Strikes and agriculture
Given the failed negotiations between the Chilean government and the unions, it was announced that the strike of civil servants would be extended until Thursday, meaning that there have already been three weeks in a row of strikes and marches. This strike is taking a toll on the country as a whole, and especially on the fruit sector, as the work of Customs and the SAG (Agricultural and Livestock Service), which are important offices for the trade of fresh fruit abroad, has been seriously affected.

Luis Schmidt during his speech at PMA Fruittrade 2016

"Fortunately, it is a partial strike, but these delays have been negatively affecting the quality and flow of exports. If we take into account that the cherry, blueberry, nectarine and apricot campaigns are currently in full swing in Chile, the problems with the delivery to ports and the delays in customs and the export process are causing enormous economic damage for all parties involved in this process," affirmed Luis Schmidt, president of Fedefruta.
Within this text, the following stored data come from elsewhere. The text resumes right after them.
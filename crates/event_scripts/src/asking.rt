// One call of the event stream by numbers: which one and its arguments, and its answer as five numbers.
ghost use Rattle.std.specs.Prelude.{◌≡◌};
ghost use Rattle.event_record.specs.Record.{Answer, done as done-answer, position as position-answer};
ghost use Rattle.events.specs.Stream.{state, step, told_by, popped};
ghost use Rattle.event_scripts.specs.Asking.{asked_for, numbers, told_reply, told_of};

use event_record::{Event, Position, Span};
use events::{Given, Stream};
use tokens::Offset;

// A call: which one, by its number as scripts from C have it, and its arguments.
#[derive(Clone, Copy)]
pub struct Asked {
    pub op: u32,
    pub arg: u32,
    pub start: u32,
    pub end: u32,
}

// An answer as numbers: which one, and its values.
pub type Told = [usize; 5];

// An answer with the stream after it. The window's scripts have the like over their own numbers: what both could share, `Tell` and `put`,
// asks something of its caller or speaks of one number type, and a public function asks nothing.
#[derive(Clone, Copy)]
pub struct ToldGiven {
    pub told: Told,
    pub stream: Stream,
}

// What a call answers that is done: it is told as five numbers.
trait Tell {
    ghost answer: { Self → Answer };

    // The numbers of the answer.
    fn tell(self) -> Told
        ensures { result ≡ numbers (answer self) };
}

impl Tell for () {
    ghost answer = { λ u. done-answer };

    // Done, and no more.
    fn tell(self) -> Told {
        [4, 0, 0, 0, 0]
    }
}

impl Tell for Position {
    ghost answer = { position-answer };

    // A position.
    fn tell(self) -> Told {
        [3, self.0, 0, 0, 0]
    }
}

impl Tell for Option<Event> {
    ghost answer = { popped };

    // An event, or none.
    fn tell(self) -> Told {
        match self {
            Some(event) => [
                1,
                event.tag as usize,
                event.kind as usize,
                event.span.start.0 as usize,
                event.span.end.0 as usize,
            ],
            None => [0; 5],
        }
    }
}

// Makes the call that is asked for. A number that is none of the calls' pops; of a kind or message the low 16 bits count.
pub fn call(stream: Stream, room: &mut [u32], opens: &mut [usize], asked: Asked) -> ToldGiven
    ensures { told_reply result room.new opens.new ≡ told_of (step (asked_for asked) (state stream room.old opens.old)) }
{
    let kind = (asked.arg % 65536) as u16;
    let span = Span {
        start: Offset(asked.start),
        end: Offset(asked.end),
    };
    let mark = Position(asked.arg as usize);
    match asked.op {
        0 => told(stream.push_token(room, opens, kind, span)),
        1 => told(stream.push_error(room, opens, kind, span)),
        2 => told(stream.begin(room, opens, kind)),
        3 => told(stream.end(room, opens)),
        4 => told(stream.end_with_error(room, opens)),
        5 => told(stream.bookmark(room, opens)),
        6 => told(stream.truncate(room, opens, mark)),
        7 => told(stream.remove_bookmark(room, opens, mark)),
        _ => told(stream.pop(room, opens)),
    }
}

// What a call gives, as numbers.
fn told<T: Tell>(given: Given<T>) -> ToldGiven
    ensures { (result.told ≡ numbers (told_by T.answer given.answer)) × (result.stream ≡ given.after) }
{
    let stream = given.after;
    match given.answer {
        Ok(value) => ToldGiven {
            told: value.tell(),
            stream,
        },
        Err(refusal) => ToldGiven {
            told: [5, u32::from(refusal) as usize, 0, 0, 0],
            stream,
        },
    }
}
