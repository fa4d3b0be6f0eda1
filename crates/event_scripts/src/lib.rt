// Replays a script of calls through the event stream's public calls. That its answers are the plain list's is proved of the code itself.
#![tactic(auto)]

ghost use Rattle.std.specs.Prelude.{◌+◌, ◌*◌, ◌≤◌, ◌≡◌, length};
ghost use Rattle.std.proofs.lemmas.List.Edits.{sets};
ghost use Rattle.scripts.specs.Scripts.{call_at};
ghost use Rattle.scripts.specs.Running.{ran};
ghost use Rattle.event_record.specs.Record.{reply};
ghost use Rattle.events.specs.Stream.{state, step, done_told};
ghost use Rattle.event_scripts.specs.Asking.{asked_for};
ghost use Rattle.event_scripts.specs.Script.{form, lent, replayed};

mod asking;

pub use asking::{Asked, Told, ToldGiven, call};
use events::Stream;
use refusals::Refusal;

// Opens an event stream over the two rooms and runs the calls of the script, four numbers each; numbers that are left over are none. Their
// answers, five numbers each, are written one after the other; the numbers behind them stay. Refused, and nothing written, where there is
// no room for all of them.
pub fn replay(
    script: &[u32],
    room: &mut [u32],
    opens: &mut [usize],
    answers: &mut [usize],
) -> Result<(), Refusal>
    ensures { reply (done_told result) (lent room.new opens.new answers.new) ≡ replayed script.now room.old opens.old answers.old }
{
    let calls = script.len() / 4;
    if answers.len() / 5 < calls {
        return Err(Refusal::NoRoom);
    }
    let stream = Stream::open(&*room, &*opens);
    run(stream, script, room, opens, answers, calls);
    Ok(())
}

// Runs the first calls of a script, and notes their answers from the front on; gives the stream after them. It goes by index: of what is
// written through `chunks_exact_mut` a proof knows nothing but the length.
fn run(
    opened: Stream,
    script: &[u32],
    room: &mut [u32],
    opens: &mut [usize],
    answers: &mut [usize],
    calls: usize,
) -> Stream
    requires { (calls * 4 ≤ length script.now) × (calls * 5 ≤ length answers.old) }
    ensures { (state result room.new opens.new, answers.new) ≡ ran form step script.now 0 calls (state opened room.old opens.old) answers.old }
{
    let mut stream = opened;
    for i in 0..calls {
        let at = i * 5;
        let given = asking::call(stream, room, opens, asked(script, i));
        put(answers, at, given.told);
        stream = given.stream;
    }
    stream
}

// The call of a script that is asked for at a place.
fn asked(script: &[u32], i: usize) -> Asked
    requires { i * 4 + 4 ≤ length script.now }
    ensures { asked_for result ≡ call_at form script.now i }
{
    let at = i * 4;
    Asked {
        op: script[at],
        arg: script[at + 1],
        start: script[at + 2],
        end: script[at + 3],
    }
}

// Writes the numbers of an answer at a place.
fn put(answers: &mut [usize], at: usize, told: Told)
    requires { at + 5 ≤ length answers.old }
    ensures { answers.new ≡ sets answers.old at told }
{
    answers[at..at + 5].copy_from_slice(&told);
}
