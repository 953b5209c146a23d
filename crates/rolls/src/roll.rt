//! A roll: what one station asks another about the numbers that have a vote there, or what it answers.

ghost use Rattle.std.specs.Prelude.{◌≡◌};
ghost use Rattle.rolls.specs.Rolls.{ticket_of, roll_of};
ghost use Rattle.rolls.specs.Bodies.{said};

use crate::body::RollBody;
use recalls::Ticket;
use std::marker::Model;

/// What a member asks another one about the numbers that have a vote there, or what it answers. Clauses see the fields, those of the
/// ticket among them.
#[derive(Drop)]
pub struct Roll {
    pub(crate) ticket: Ticket,
    pub(crate) body: RollBody,
}

impl Model for Roll {
    ghost use Rattle.rolls.specs.Rolls.{Roll as RollValue, roll_of};
    ghost use Rattle.rolls.specs.Bodies.{said};

    ghost Value = { RollValue };

    ghost view = { λ r. roll_of r.ticket (said r.body) };
}

impl Roll {
    /// A roll that says this.
    pub fn new(ticket: Ticket, body: RollBody) -> Roll
        ensures { result ≡ roll_of ticket (said body) }
    {
        Roll { ticket, body }
    }

    /// Who asks or answers whom.
    pub fn ticket(&self) -> &Ticket
        ensures { result.now ≡ ticket_of self.now }
    {
        &self.ticket
    }

    /// What it says.
    pub fn body(&self) -> &RollBody
        ensures { said result.now ≡ self.now.body }
    {
        &self.body
    }
}
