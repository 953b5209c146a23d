//! How many numbers of each page have a vote.

ghost use Rattle.std.specs.Prelude.{◌≡◌, length, slice_index, replicate};
ghost use Rattle.rolls.specs.Pages.{pages};
ghost use Rattle.rolls.specs.Counts.{AreCounts, raised, with_count};

use crate::page::{PAGES, Page};
use arrayvec::ArrayVec;
use std::marker::Model;

/// How many numbers of each page have a vote at a station: 123 counts, each at most the numbers of its page. A vote stays, so no count
/// falls, and a page's count tells whether the page has changed. Clauses see the list.
#[derive(Drop)]
pub struct Counts {
    pub(crate) counts: ArrayVec<u16, PAGES>,
}

impl Model for Counts {
    ghost use Rattle.std.specs.Prelude.{ℕ, List};
    ghost use Rattle.rolls.specs.Counts.{AreCounts};

    ghost Value = { List ℕ };

    ghost view = { λ c. c.counts.items };

    ghost invariant = { λ c. AreCounts c.counts.items };
}

/// A copy of 123 counts.
fn copied(counts: &[u16]) -> ArrayVec<u16, PAGES>
    requires { length counts.now ≡ pages }
    ensures { result.items ≡ counts.now }
{
    let mut copy = ArrayVec::new();
    for count in counts {
        copy.push(*count);
    }
    copy
}

impl Counts {
    /// No number has a vote.
    pub fn none() -> Counts
        ensures { result ≡ replicate pages 0 }
    {
        Counts {
            counts: ArrayVec::from([0; PAGES]),
        }
    }

    /// How many numbers of a page have a vote.
    pub fn of_page(&self, page: Page) -> u16
        ensures { result ≡ slice_index self.now page }
    {
        self.counts[usize::from(page.get())]
    }

    /// One number more of a page has a vote; nothing is changed where they all have one.
    pub fn raise(&mut self, page: Page)
        ensures { self.new ≡ raised self.old page }
    {
        let count = self.of_page(page);
        if count < page.numbers() {
            self.counts[usize::from(page.get())] = count + 1;
        }
    }

    /// So many numbers of a page have a vote; nothing is changed where there are fewer on the page.
    pub fn set(&mut self, page: Page, count: u16)
        ensures { self.new ≡ with_count self.old page count }
    {
        if count <= page.numbers() {
            self.counts[usize::from(page.get())] = count;
        }
    }

    /// A copy of them.
    pub fn copied(&self) -> Counts
        ensures { result ≡ self.now }
    {
        Counts {
            counts: copied(self.as_slice()),
        }
    }

    /// A copy of the list of them.
    pub fn to_array(&self) -> ArrayVec<u16, PAGES>
        ensures value { result.items ≡ self.now }
        ensures many { length result.items ≡ pages }
    {
        copied(self.as_slice())
    }

    /// The counts, from page 0 to page 122.
    pub fn as_slice(&self) -> &[u16]
        ensures value { result.now ≡ self.now }
        ensures counts { AreCounts self.now }
    {
        self.counts.as_slice()
    }
}
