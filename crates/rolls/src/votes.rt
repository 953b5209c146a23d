//! Which numbers of a page have a vote.

ghost use Rattle.std.specs.Prelude.{◌≡◌, ◌≤◌, ◌<◌, ◌+◌, ◌==◌, ◌&&◌, ℕ, length};
ghost use Rattle.std.specs.Int.{bit_at};
ghost use Rattle.protocol.specs.Limits.{is_number};
ghost use Rattle.packets.specs.Grammar.{IsBytes};
ghost use Rattle.gone_out.specs.Numbers.{has};
ghost use Rattle.gone_out.specs.Files.{IsNumber};
ghost use Rattle.rolls.specs.Pages.{page_numbers, page_bytes, page_of, numbers_on};
ghost use Rattle.rolls.specs.Votes.{AreVotes, bit_of, has_vote, set_below, how_many};

use crate::bits::has_bit;
use crate::page::{PAGE_BYTES, PAGE_NUMBERS, Page};
use arrayvec::ArrayVec;
use ballots::Number;
use gone_out::Numbers;
use std::marker::Model;

/// Which numbers of a page have a vote at a station: a bit for each, and no bit is set that stands for no number. Clauses see the page
/// and the bytes.
#[derive(Drop)]
pub struct Votes {
    pub(crate) page: Page,
    pub(crate) bytes: ArrayVec<u8, PAGE_BYTES>,
}

impl Model for Votes {
    ghost use Rattle.rolls.specs.Votes.{Votes as VotesValue, AreVotes};

    ghost Value = { VotesValue };

    ghost view = { λ v. record { page = v.page; bytes = v.bytes.items } };

    ghost invariant = { λ v. AreVotes (record { page = v.page; bytes = v.bytes.items }) };
}

/// Whether this is a number, and among these.
fn is_among(numbers: &Numbers, value: u32) -> bool
    ensures { result ≡ (is_number value && has numbers.now value) }
{
    match Number::new(value) {
        Some(number) => numbers.contains(number),
        None => false,
    }
}

/// A bit for each of eight numbers, from this one on.
fn byte_of(numbers: &Numbers, first: u32) -> u8
    requires { first < 1007616 }
    ensures { (k : ℕ) → k < 8 → (bit_at result k == 1) ≡ (is_number (first + k) && has numbers.now (first + k)) }
{
    let mut byte = 0u8;
    for k in 0..8u32 {
        byte |= u8::from(is_among(numbers, first + k)) << k;
    }
    byte
}

/// A bit for each number of a page, from its first place on.
fn bits_of(numbers: &Numbers, first: u32) -> ArrayVec<u8, PAGE_BYTES>
    requires { first < 999425 }
    ensures many { length result.items ≡ page_bytes }
    ensures small { IsBytes result.items }
    ensures bits { (place : ℕ) → place < page_numbers → bit_of result.items place ≡ (is_number (first + place) && has numbers.now (first + place)) }
{
    let mut bytes = ArrayVec::new();
    for at in 0..PAGE_BYTES {
        bytes.push(byte_of(numbers, first + 8 * at as u32));
    }
    bytes
}

/// How many bits of a page are set.
fn set_in(bytes: &[u8]) -> u16
    requires { length bytes.now ≡ page_bytes }
    ensures { result ≡ set_below bytes.now page_numbers }
{
    let mut count = 0;
    for place in 0..8 * PAGE_BYTES {
        count += u16::from(has_bit(bytes, place));
    }
    count
}

impl Votes {
    /// Those numbers of a page that are among these.
    pub fn of(page: Page, numbers: &Numbers) -> Votes
        ensures page { result.page ≡ page }
        ensures among { (n : ℕ) → IsNumber n → page_of n ≡ page → has_vote result n ≡ has numbers.now n }
    {
        let first = PAGE_NUMBERS * u32::from(page.get());
        Votes {
            page,
            bytes: bits_of(numbers, first),
        }
    }

    /// The page.
    pub fn page(&self) -> Page
        ensures { result ≡ self.now.page }
    {
        self.page
    }

    /// Whether a number lies on the page and has a vote.
    pub fn contains(&self, number: Number) -> bool
        ensures { result ≡ has_vote self.now number }
    {
        Page::of(number) == self.page
            && has_bit(
                self.bytes.as_slice(),
                (number.get() % PAGE_NUMBERS) as usize,
            )
    }

    /// How many numbers have a vote.
    pub fn count(&self) -> u16
        ensures many { result ≡ how_many self.now }
        ensures fits { result ≤ numbers_on self.now.page }
    {
        set_in(self.as_bytes())
    }

    /// The bits, from the lowest of the first byte on.
    pub fn as_bytes(&self) -> &[u8]
        ensures value { result.now ≡ self.now.bytes }
        ensures votes { AreVotes self.now }
    {
        self.bytes.as_slice()
    }
}
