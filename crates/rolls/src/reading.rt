//! Reading a roll from bytes, with no memory.

ghost use Rattle.std.specs.Prelude.{◌≡◌, ◌≤◌, ◌<◌, length, Ok, IfOk, OnOk, OnErr};
ghost use Rattle.packets.specs.Grammar.{IsBytes};
ghost use Rattle.recalls.specs.Tickets.{u16_at};
ghost use Rattle.rolls.specs.Pages.{pages};
ghost use Rattle.rolls.specs.Kinds.{body_len};
ghost use Rattle.rolls.specs.Counts.{counts_fit};
ghost use Rattle.rolls.specs.Votes.{are_zero, only_numbers};
ghost use Rattle.rolls.specs.Bodies.{said};
ghost use Rattle.rolls.specs.Rolls.{Roll as RollValue};
ghost use Rattle.rolls.specs.Grammar.{Spells};
ghost use Rattle.rolls.specs.Reading.{Seen, mark_at, counts_in, counts_at, page_at, pad_at, asked_page_at, votes_at, told_at, body_at, roll_at};

use crate::bits::has_bit;
use crate::body::{ASK_LEN, RollBody, RollKind};
use crate::counts::Counts;
use crate::fault::RollFault;
use crate::page::{PAGE_BYTES, PAGES, Page, numbers_on};
use crate::roll::Roll;
use crate::votes::Votes;
use arrayvec::ArrayVec;
use recalls::Ticket;

/// The bytes before the body.
pub(crate) const HEADER_LEN: usize = 12;

/// That the bytes are as long as a header, and of the mark and the version of a roll.
#[tactic(auto, unfolding(crate::specs::Reading::mark_at))]
fn check_mark(bytes: &[u8]) -> Result<(), RollFault>
    ensures exact { result ≡ mark_at bytes.now }
    ensures long { OnOk result (12 ≤ length bytes.now) }
{
    if bytes.len() < HEADER_LEN {
        return Err(RollFault::Short);
    }
    if !(bytes[0] == b'T' && bytes[1] == b'R') {
        return Err(RollFault::BadMark);
    }
    if bytes[2] != 1 {
        return Err(RollFault::BadVersion);
    }
    Ok(())
}

/// The number of the first two bytes.
fn first_count(bytes: &[u8]) -> u16
    requires { 2 ≤ length bytes.now }
    ensures { result ≡ u16_at bytes.now 0 }
{
    u16::from_be_bytes([bytes[0], bytes[1]])
}

/// A number of two bytes for each page.
fn counts_in(bytes: &[u8]) -> ArrayVec<u16, PAGES>
    requires { 246 ≤ length bytes.now }
    ensures { result.items ≡ counts_in pages bytes.now }
{
    let mut counts = ArrayVec::new();
    let mut rest = bytes;
    for _ in 0..PAGES {
        counts.push(first_count(rest));
        let (_, behind) = rest.split_at(2);
        rest = behind;
    }
    counts
}

/// Whether each count is at most the numbers of its page.
fn do_fit(counts: &[u16]) -> bool
    ensures { result ≡ counts_fit 0 counts.now }
{
    let mut page = 0;
    for count in counts {
        if *count > numbers_on(page) {
            return false;
        }
        page += 1;
    }
    true
}

#[tactic(auto, unfolding(crate::specs::Reading::counts_at))]
fn counts_of(bytes: &[u8]) -> Result<Counts, RollFault>
    requires { 246 ≤ length bytes.now }
    ensures { result ≡ counts_at bytes.now }
{
    let counts = counts_in(bytes);
    if do_fit(counts.as_slice()) {
        Ok(Counts { counts })
    } else {
        Err(RollFault::BadCount)
    }
}

#[tactic(auto, unfolding(crate::specs::Reading::page_at))]
fn page_of(bytes: &[u8]) -> Result<Page, RollFault>
    requires { 1 ≤ length bytes.now }
    ensures { result ≡ page_at bytes.now }
{
    match Page::new(bytes[0]) {
        Some(page) => Ok(page),
        None => Err(RollFault::BadPage),
    }
}

fn are_zero(bytes: &[u8]) -> bool
    ensures { result ≡ are_zero bytes.now }
{
    for byte in bytes {
        if *byte != 0 {
            return false;
        }
    }
    true
}

/// That so many bytes are 0.
#[tactic(auto, unfolding(crate::specs::Reading::pad_at))]
fn check_pad(bytes: &[u8], count: usize) -> Result<(), RollFault>
    requires { count ≤ length bytes.now }
    ensures { result ≡ pad_at count bytes.now }
{
    let (pad, _) = bytes.split_at(count);
    if !are_zero(pad) {
        return Err(RollFault::BadPad);
    }
    Ok(())
}

/// The page that is asked for, behind which nothing stands but zeros.
#[tactic(auto, unfolding(crate::specs::Reading::asked_page_at))]
fn asked_page_of(bytes: &[u8]) -> Result<Page, RollFault>
    requires { 5 ≤ length bytes.now }
    ensures { result ≡ asked_page_at bytes.now }
{
    let page = page_of(bytes)?;
    let (_, behind) = bytes.split_at(1);
    check_pad(behind, ASK_LEN - 1)?;
    Ok(page)
}

/// Whether no bit is set that stands for no number: number 0 lies on the first page, and on the last one 576 numbers and none behind.
#[tactic(auto, unfolding(crate::specs::Votes::only_numbers))]
fn only_numbers(page: Page, bytes: &[u8]) -> bool
    requires { length bytes.now ≡ 1024 }
    ensures exact { result ≡ only_numbers page bytes.now }
    ensures below { page < pages }
{
    match page.get() {
        0 => !has_bit(bytes, 0),
        122 => {
            let (_, behind) = bytes.split_at(72);
            are_zero(behind)
        }
        _ => true,
    }
}

/// A copy of the bits of a page.
fn copied(bytes: &[u8]) -> ArrayVec<u8, PAGE_BYTES>
    requires { length bytes.now ≡ 1024 }
    ensures same { result.items ≡ bytes.now }
    ensures small { IsBytes result.items }
{
    let mut copy = ArrayVec::new();
    for byte in bytes {
        copy.push(*byte);
    }
    copy
}

#[tactic(auto, unfolding(crate::specs::Reading::votes_at))]
fn votes_of(bytes: &[u8]) -> Result<Votes, RollFault>
    requires { 1025 ≤ length bytes.now }
    ensures { result ≡ votes_at bytes.now }
{
    let page = page_of(bytes)?;
    let (_, rest) = bytes.split_at(1);
    let (bits, _) = rest.split_at(PAGE_BYTES);
    if !only_numbers(page, bits) {
        return Err(RollFault::BadBits);
    }
    Ok(Votes {
        page,
        bytes: copied(bits),
    })
}

/// What is told in bytes that are long enough for it.
fn told_of(kind: RollKind, bytes: &[u8]) -> Result<RollBody, RollFault>
    requires { body_len kind ≤ length bytes.now }
    ensures { Seen said result (told_at kind bytes.now) }
{
    match kind {
        RollKind::CountsAsked => {
            check_pad(bytes, ASK_LEN)?;
            Ok(RollBody::CountsAsked)
        }
        RollKind::Counts => Ok(RollBody::Counts(counts_of(bytes)?)),
        RollKind::PageAsked => Ok(RollBody::PageAsked(asked_page_of(bytes)?)),
        RollKind::Page => Ok(RollBody::Page(votes_of(bytes)?)),
    }
}

/// The body of this kind that the bytes are, and no more.
#[tactic(auto, unfolding(crate::specs::Reading::body_at))]
fn body_of(kind: RollKind, bytes: &[u8]) -> Result<RollBody, RollFault>
    ensures { Seen said result (body_at kind bytes.now) }
{
    let len = kind.body_len();
    if bytes.len() < len {
        return Err(RollFault::Short);
    }
    let body = told_of(kind, bytes)?;
    if bytes.len() > len {
        return Err(RollFault::Long);
    }
    Ok(body)
}

#[tactic(auto, unfolding(crate::specs::Reading::roll_at, crate::specs::Reading::kind_at))]
fn roll_of(bytes: &[u8]) -> Result<Roll, RollFault>
    ensures { result ≡ roll_at bytes.now }
{
    check_mark(bytes)?;
    let Some(kind) = RollKind::of_byte(bytes[3]) else {
        return Err(RollFault::BadKind);
    };
    let Some(ticket) = Ticket::read(bytes) else {
        return Err(RollFault::BadMember);
    };
    let (_, rest) = bytes.split_at(HEADER_LEN);
    let body = body_of(kind, rest)?;
    Ok(Roll { ticket, body })
}

/// The roll that the bytes spell, or their first fault. It takes no memory.
pub fn decode(bytes: &[u8]) -> Result<Roll, RollFault>
    // What is answered is spelled by the bytes.
    ensures found { IfOk result (λ r. Spells bytes.now r) }
    // What they spell is answered.
    ensures only { (r : RollValue) → Spells bytes.now r → result ≡ Ok r }
    // A fault comes only where they spell nothing, and it is the first that is met where a roll is read from its front.
    ensures nothing { OnErr result ((r : RollValue) → Spells bytes.now r → ⊥) }
    ensures exact { result ≡ roll_at bytes.now }
{
    roll_of(bytes)
}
Damage to reputation, a bigger problem than economic losses
Highlighting the damage that this situation could cause to the cherry market, since 85% of the fruit is intended for China, Schmidt said: "We are losing out, because while a box of cherries costs about 200 dollars when shipped by air, by resorting to other modes of transportation, such as maritime shipments, the price can drop to about 50 dollars. In any case, this is not the biggest problem, but the extent to which the situation could affect our reputation as a reliable and serious country, which would have a much more destructive impact than the economic losses we are suffering at the moment."

Luis Schmidt in conversation with the president of Chile

"I ask for good sense and for the problem to be solved as soon as possible, for the good of the country. What if, as we already saw in the past, these mobilizations took a toll on other sectors, such as our ports? It would have a broad-spectrum impact, since 92% of Chile's international trade is carried out by sea. We need to adopt preventive measures. It is necessity for us to have a law that strictly regulates the rules for perishable products, so that the trade of these products cannot be affected," concluded the president of the association.